## Problem description
For the data below, please report each line where the word "length" is found.

## Data provided
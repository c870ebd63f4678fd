ghost use Rattle.std.specs.Prelude.{ℕ, List, Option, ◌≡◌, ◌<◌, ◌≤◌, length, take, OnOk, OnErr, IfOk};
ghost use Rattle.fort_port.specs.Outside.{Rose, adds};

use crate::shelf::Failed;

/// An output, which takes bytes a piece at a time.
pub trait Sink {
    // The bytes written so far, where the sink tells them.
    ghost written: { Self → Option (List ℕ) };

    // The number of faults so far, which stands still at its type's end.
    ghost faults: { Self → ℕ };

    // Whether a piece may be offered. It is known again after `Ok` alone, so who is proved for
    // every sink offers nothing to one that has failed.
    ghost can_write: { Self → Type 0 };

    /// Writes the first bytes of a piece, which isn't empty, and answers how many.
    ///
    /// `Ok(n)` has appended the first `n` bytes, at least one of them. `Failed` comes only where
    /// the count of faults rose; the bytes written are then as before.
    fn write(&mut self, bytes: &[u8]) -> Result<usize, Failed>
        requires ready { can_write self.old }
        requires some { 0 < length bytes.now }
        ensures counts { faults self.old ≤ faults self.new }
        ensures failed { OnErr result (Rose (faults self.old) (faults self.new)) }
        ensures kept { OnErr result (written self.new ≡ written self.old) }
        ensures calm { OnOk result (faults self.new ≡ faults self.old) }
        ensures ready { OnOk result (can_write self.new) }
        ensures takes { IfOk result (λ n. (0 < n) × (n ≤ length bytes.now)) }
        ensures appends { IfOk result (λ n. written self.new
            ≡ adds (take n bytes.now) (written self.old)) };
}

## Task result
ghost use Rattle.std.specs.Prelude.{ℕ, List, Option, ◌≡◌, ◌<◌, ◌≤◌, length, take, OnOk, OnErr, IfOk};
        requires some { 0 < length bytes.now }
        ensures takes { IfOk result (λ n. (0 < n) × (n ≤ length bytes.now)) }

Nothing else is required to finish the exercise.